I seem to remember that there was a thread on here recently about this issue but I can't find it.


----------



## A. Spies (Aug 20, 2010)

You could tell them what's happened cos won't you only lose 4 days JSA? Or ring them and change the date for a family matter-they probly wont check up?


----------



## AnnO'Neemus (Aug 20, 2010)

If you tell them that you are out of the country they will stop and start your claim.  Which will have a hugely fucking inconvenient knock on effect on any council tax benefit and housing benefit claims you may have.  Technically, you would have to declare that you were on 'nil income' for that period, and you should still be allowed housing benefit and council tax benefit.  But it will probably be a total ball ache and you'll have to provide proof for everything, fill in all the forms all over again and run the risk of the incompetent inefficient fuckers fucking up your claim and delaying payments. 

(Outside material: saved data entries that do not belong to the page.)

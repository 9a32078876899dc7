//! The date of a day, and the day of a date.
ghost use Rattle.std.specs.Prelude.{◌≡◌, IfOk, IfSome, string_bytes};
ghost use Rattle.jiff.specs.Words.{date_text, epoch_day};
ghost use Rattle.mq_request.specs.Range.{IsDay};
ghost use Rattle.mq_dates.specs.Dates.{IsDateOf, IsDateText, IsDated};

use jiff::Timestamp;
use jiff::civil::Date;
use jiff::tz::Offset;
use mq_request::bounds::LAST_DAY;
use std::alloc::{AllocError, Global};

/// The seconds of a day.
const SECONDS: i64 = 86_400;

/// The date of a day, 0 to 376,200.
fn date_of(day: u32) -> Date
    requires { IsDay day }
    ensures { IsDateOf day result }
{
    let midnight = Timestamp::constant(i64::from(day) * SECONDS, 0);
    Offset::UTC.to_datetime(midnight).date()
}

/// The day number of a date, from 1970-01-01 on.
fn day_number(date: Date) -> i64
    ensures { result ≡ epoch_day date }
{
    let first = Offset::UTC.to_datetime(Timestamp::UNIX_EPOCH).date();
    // (between two dates lie whole days)
    let since = date.duration_since(first);
    since.as_hours() / 24
}

/// The day of a date, where it is one of 0 to 376,200.
fn day_of(date: Date) -> Option<u32>
    ensures day { IfSome result (λ day. IsDateOf day date) }
    ensures in_range { IfSome result IsDay }
{
    match u32::try_from(day_number(date)) {
        Ok(day) if day <= LAST_DAY => Some(day),
        _ => None,
    }
}

/// A date as `2026-11-30`.
fn text_of(alloc: Global, date: Date) -> Result<String, AllocError>
    ensures { IfOk result (λ text. string_bytes text ≡ date_text date) }
{
    date.to_string(alloc)
}

/// The date of a day, 0 to 376,200, as `2026-11-30`.
pub fn date_of_day(alloc: Global, day: u32) -> Result<String, AllocError>
    requires { IsDay day }
    ensures { IfOk result (λ text. IsDateText day (string_bytes text)) }
{
    text_of(alloc, date_of(day))
}

/// A day, 0 to 376,200, as people read it: `20787 (2026-11-30)`.
pub fn dated(alloc: Global, day: u32) -> Result<String, AllocError>
    requires { IsDay day }
    ensures { IfOk result (λ text. IsDated day (string_bytes text)) }
{
    let date = date_of_day(alloc, day)?;
    let mut text = day.to_string(alloc)?;
    text.push_str(" (")?;
    text.push_str(date.as_str())?;
    text.push(')')?;
    Ok(text)
}

/// The day whose date a text writes, as `2026-11-30`: one of 0 to 376,200. There is none where the
/// text is another.
pub fn day_of_text(alloc: Global, text: &str) -> Result<Option<u32>, AllocError>
    ensures day { IfOk result (λ found. IfSome found (λ day. IsDateText day text.now)) }
    ensures in_range { IfOk result (λ found. IfSome found IsDay) }
{
    let Ok(date) = text.parse::<Date>() else {
        return Ok(None);
    };
    // (other spellings of a date are taken for none)
    let written = text_of(alloc, date)?;
    if written.as_str() == text {
        Ok(day_of(date))
    } else {
        Ok(None)
    }
}
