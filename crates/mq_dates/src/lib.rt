//! Days as people write them: the civil date of a day's number, and the number of a date's day.
//!
//! [`dated`] gives a day as people read it, and [`day_of_text`] the day whose date a text writes.
//! From `mq_words/src/days.rt`:
//!
//!     Err(_) => day_of_text(alloc, text),
//!
//! It stands on `mq_request` and `mq_ledger`, whose days are those of the dates that a clock in the
//! ledger's zone shows: by the law in `laws.rt` day N is the date N days after 1970-01-01 in every
//! zone. Begin with `specs/Dates.antt`.
#![tactic(auto)]

mod dates;
mod laws;

pub use dates::{date_of_day, dated, day_of_text};
pub use laws::the_day_of_a_date_is_the_zones;
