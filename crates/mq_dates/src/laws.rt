//! Laws: what a date says of a ledger's days.
ghost use Rattle.std.specs.Prelude.{◌≡◌, ◌+ℤ◌, ℕ, ℤ, List, pos};
ghost use Rattle.jiff.specs.Placed.{IsPosixZone};
ghost use Rattle.jiff.specs.Words.{civil_nanos, nanos_of_seconds, offset_at};
ghost use Rattle.jiff_core.specs.declared.civil.datetime.DateTime.{DateTime as AnyDateTime};
ghost use Rattle.jiff_tz.specs.declared.timezone.TimeZone.{TimeZone as AnyTimeZone};
ghost use Rattle.mq_request.specs.Range.{IsDay, IsMoment};
ghost use Rattle.mq_ledger.specs.Day.{ByOffset, ByRule, IsOffset, clock, day_of};
ghost use Rattle.mq_dates.specs.Dates.{IsDateOf};

/// Where a clock in the zone shows a date at a moment, the zone's day of that moment is the day of
/// the date: at an offset, and with a rule, in whatever zone `jiff` reads from its text.
pub fn the_day_of_a_date_is_the_zones()
    ensures offset { (minutes : ℤ) (moment day : ℕ) (shown : AnyDateTime) →
        IsOffset minutes → IsMoment moment →
        civil_nanos shown ≡ nanos_of_seconds (clock minutes moment) →
        IsDateOf day shown.date → day_of (ByOffset minutes) moment ≡ day }
    ensures rule { (text : List ℕ) (zone : AnyTimeZone) (moment day : ℕ) (shown : AnyDateTime) →
        IsPosixZone text zone →
        civil_nanos shown ≡ nanos_of_seconds (pos moment)
        +ℤ nanos_of_seconds (offset_at zone (nanos_of_seconds (pos moment))) →
        IsDay day → IsDateOf day shown.date → day_of (ByRule text) moment ≡ day }
{}
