// Puts half of k nets on one crossbar and half on another, so that the ends at each FPGA are split as a round asks.
//
// Two pairings of the same things make cycles of even length: from a thing to its partner in the one pairing, to that one's
// partner in the other, and so on. So 0 and 1 can alternate round every cycle, and then both pairings split all things evenly.
// 1. The ends are paired by FPGA (left-over ones, one of an FPGA at most, with each other), and each with its net's other end.
//    Labels that alternate on both give every net a direction; at each FPGA as many nets leave as enter, but for one.
// 2. The nets are paired by the FPGA that they leave, and again by the one that they enter. Labels that alternate on both
//    split what leaves each FPGA, but for one, and what enters it, and all the nets in equal halves.
// With t leaving and h entering an FPGA, an even t or h is split exactly. For t + h odd one of the two is even, and the
// loads differ by 1. For t = h they differ by 0 or 2, and by 0 where t is even: so for t + h = 2m, since m is even.
#![tactic(auto)]

ghost use Rattle.std.specs.Prelude.{◌≡◌, ◌+◌, ◌≤◌, length};
ghost use Rattle.scratch.specs.Scratch.{most_nets};
ghost use Rattle.split.specs.Split.{NetsIn, Halved};
ghost use Rattle.split.specs.Stages.{Flipped, Directed, EndsIn, Oriented, DirectedNets, Coloured};

use pair::pair;
use scratch::{FLIP, LABELS, MATES};
use walk::alternate;

// The other end of the same net, for each end of k nets.
fn flip(others: &mut [u16], k: usize)
    requires { (length others.old ≡ k + k) × (k ≤ most_nets) }
    ensures { Flipped others.new k k }
{
    for i in 0..k {
        others[i] = (k + i) as u16;
        others[k + i] = i as u16;
    }
}

// A net leaves its first end: so the ends of a net whose first end has the label 1, "in", are swapped.
fn direct(ends: &mut [u16], labels: &[u16], k: usize)
    requires { (length ends.old ≡ k + k) × (length labels.now ≡ k + k) }
    ensures { Directed ends.old ends.new labels.now k k }
{
    for e in 0..k {
        if labels[e] == 1 {
            ends.swap(e, k + e);
        }
    }
}

// Directs the nets so that as many leave each FPGA as enter it, but for one.
fn orient(ends: &mut [u16], mates: &mut [u16], others: &mut [u16], labels: &mut [u16], k: usize)
    requires { EndsIn ends.old mates.old others.old labels.old k }
    ensures { Oriented ends.old ends.new k }
{
    flip(others, k);
    pair(ends, mates);
    alternate(mates, others, labels);
    direct(ends, labels, k);
}

// Labels the nets so that those that leave an FPGA are split, and those that enter it.
fn colour(first: &[u16], second: &[u16], out: &mut [u16], into: &mut [u16], labels: &mut [u16])
    requires { DirectedNets first.now second.now out.old into.old labels.old }
    ensures { Coloured first.now second.now labels.new }
{
    pair(first, out);
    pair(second, into);
    alternate(out, into, labels);
}

// The FPGAs of the k first ends stand at s[..k], those of the second ends at s[k..k + k]: each net's two ends may be swapped.
// Net e gets its label at s[LABELS + e].
pub fn split(s: &mut [u16], k: usize)
    requires { NetsIn s.old k }
    ensures { Halved s.old s.new k }
{
    let n = k + k;
    let (ends, rest) = s.split_at_mut(MATES);
    let (mates, rest) = rest.split_at_mut(FLIP - MATES);
    let (others, labels) = rest.split_at_mut(LABELS - FLIP);
    orient(
        &mut ends[..n],
        &mut mates[..n],
        &mut others[..n],
        &mut labels[..n],
        k,
    );
    let (first, second) = ends[..n].split_at(k);
    colour(
        first,
        second,
        &mut mates[..k],
        &mut others[..k],
        &mut labels[..k],
    );
}
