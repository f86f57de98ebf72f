// Reads a job from standard input and prints its plan, or why it is refused.
#![tactic(auto)]

ghost use Rattle.std.specs.Io.{ReadsAtMost};

use list::{LISTING, list, listing_room};
use std::io;
use std::io::{Read, Write};
use text::so_far;

// Reads until the job's room is full or the input ends, and says how many bytes were read.
// A `while`, since a read gives as many bytes as it likes: none is counted by hand.
fn read_full<R: Read>(input: &mut R, job: &mut [u8]) -> io::Result<usize>
    ensures { ReadsAtMost result job.new }
{
    let mut done = 0;
    while done < job.len() {
        let n = input.read(&mut job[done..])?;
        if n == 0 {
            break;
        }
        done += n;
    }
    Ok(done)
}

// One byte more is read than the longest job has, so that a job that is too long is seen to be. What is printed is cut from the room's first
// `listing_room` bytes: that the room has so many is proved, and so many are enough for every listing.
fn main(rt: HostRuntime) -> io::Result<()> {
    let mut job = [0u8; 16395];
    let mut plan = [0u16; 4096];
    let mut scratch = [0u16; 32768];
    let mut room = [0u8; LISTING];
    let n = read_full(&mut rt.stdin(), &mut job)?;
    let end = list(&job[..n], &mut plan, &mut scratch, &mut room);
    rt.stdout().write_all(so_far(&room[..listing_room()], end))
}
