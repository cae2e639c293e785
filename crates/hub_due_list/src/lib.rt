// All due settings in one reading: document 02, item 14. The pass along the sequence is `due_settings_without` of crate `hub_due`.
#![tactic(auto)]

ghost use Rattle.std.specs.Prelude.{◌≡◌, length};
ghost use Rattle.rules.specs.AllDue.{list_check, list_after};
ghost use Rattle.hub_state.specs.View.{state_of};

use hub_state::ValidState;
use rules_routine::Refusal;

// What all devices are due, into a lent list. "A list shorter than N gets 21 and is unchanged."
pub fn put_settings(state: ValidState, list: &mut [i16]) -> Result<(), Refusal>
    ensures answers { result ≡ list_check (state_of state.rows) (length list.old) }
    ensures leaves { list.new ≡ list_after (state_of state.rows) list.old }
{
    let count = state.rows.devices as usize;
    if list.len() < count {
        return Err(Refusal::NoRoom);
    }
    let table = hub_due::due_settings(state);
    list[..count].copy_from_slice(&table[..count]);
    Ok(())
}
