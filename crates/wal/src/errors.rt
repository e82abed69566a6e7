// Why a call of a log fails, beside a device's `PowerOff`.
ghost use Rattle.std.specs.Prelude.{◌≡◌};
ghost use Rattle.wal.specs.Journal.{record_error};
ghost use Rattle.wal.specs.declared.errors.AppendError.TheVariants as append;

use device::{PowerOff, ReadError};

#[derive(Clone, Copy, PartialEq, Eq, Debug)]
pub enum RecordError {
    Lost,
    Off,
}

// A block that cannot be read has lost its record.
impl From<ReadError> for RecordError {
    ghost from_gives = { λ read e. e ≡ record_error read };

    fn from(error: ReadError) -> RecordError {
        match error {
            ReadError::Unreadable => RecordError::Lost,
            ReadError::Off => RecordError::Off,
        }
    }
}

#[derive(Clone, Copy, PartialEq, Eq, Debug)]
pub enum AppendError {
    Full,
    Off,
}

impl From<PowerOff> for AppendError {
    ghost from_gives = { λ _ e. e ≡ append.Off };

    fn from(_power: PowerOff) -> AppendError {
        AppendError::Off
    }
}
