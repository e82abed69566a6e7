// The layout of a record, and blocks that hold one.
ghost use Rattle.std.specs.Prelude.{◌≡◌, ◌≤◌, length};
ghost use Rattle.device.specs.Disk.{holds};
ghost use Rattle.wal.specs.Journal.{shown};
ghost use Rattle.wal.specs.Records.{passes, stamped};
ghost use Rattle.wal.specs.Slots.{room, slot};

use crate::RecordError;
use field::{put, word_at};
use seal::{is_sealed, seal_array};

// How many positions so many blocks have: a position has 32 bits.
pub fn room(blocks: usize) -> u32
    ensures { result ≡ room blocks }
{
    u32::try_from(blocks).unwrap_or(u32::MAX)
}

// The record with its position and seal set.
pub fn stamp(position: u32, bytes: &[u8; 128]) -> [u8; 128]
    ensures { result ≡ stamped position bytes.now }
{
    let mut record = *bytes;
    put(&mut record, 0, &position.to_le_bytes());
    seal_array(&mut record);
    record
}

// Whether a block is sealed and carries its own position.
#[tactic(auto, unfolding(crate::specs::Records::passes))]
pub fn passes(position: u32, block: &[u8]) -> bool
    requires { 4 ≤ length block.now }
    ensures { result ≡ passes position block.now }
{
    is_sealed(block) && word_at(block, 0) == position
}

// The record at the front of a block, if the block passes.
pub fn record_in(block: &[u8], position: u32) -> Result<[u8; 128], RecordError>
    requires { 128 ≤ length block.now }
    ensures { result ≡ shown (slot position (holds block.now)) }
{
    match block.first_chunk() {
        Some(record) if passes(position, block) => Ok(*record),
        _ => Err(RecordError::Lost),
    }
}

In my experience, when I was due to sign on on a Friday, but missed the signing on day, and I went in on Tuesday and explained that I was out of the country due to visiting a seriously ill family member in hospital in Germany because family members are serving in the British army over there, and I'd returned to the UK on Monday but due to blizzards and cancelled flights and stuff I'd flown to a different airport and didn't make it back home in time on the Monday, but here I was... Well, the inhumane totally lacking in compassion cunts stopped my claim (they told me "it's the rules", but I've since been told it's more discretionary than they led me to believe).

You have a choice.

You can either:

(a) tell them the truth, that you're going to miss your signing on day because you're out of the country, in which case, you're going to be right royally fucked and thrown headfirst into a Kafkaesque bureaucratic nightmare of stopping and starting JSA claims, housing benefit and council tax benefit claims and hoping to god they don't fuck it all up and you don't end up in rent arrears and debt.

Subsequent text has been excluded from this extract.